**Instructions for the task**
Within the records below, find each line that holds the string "marked", then copy it.

**Input material**
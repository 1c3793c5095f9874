//! Certificates for answers on a net: its bounds by semiflows, a siphon without a marked trap, and a tree that has
//! a marked trap for every siphon. Each is well formed, and all that its lines ask of the net holds.
#![tactic(auto)]

mod bad_siphon;
mod bound_lines;
mod commoner;
mod fault;
mod flows;
mod laws;
#[cfg(test)]
mod tests;
mod tree;

pub use bad_siphon::bad_siphon_certificate;
pub use bound_lines::bound_certificate;
pub use commoner::commoner_certificate;
pub use fault::BoundCertFault;
pub use laws::{commoner_nets_have_a_certificate, named_rows_are_narrow_or_wide};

**Exercise response**
//! Certificates for answers on a net: its bounds by semiflows, a siphon without a marked trap, and a tree that has
//! a marked trap for every siphon. Each is well formed, and all that its lines ask of the net holds.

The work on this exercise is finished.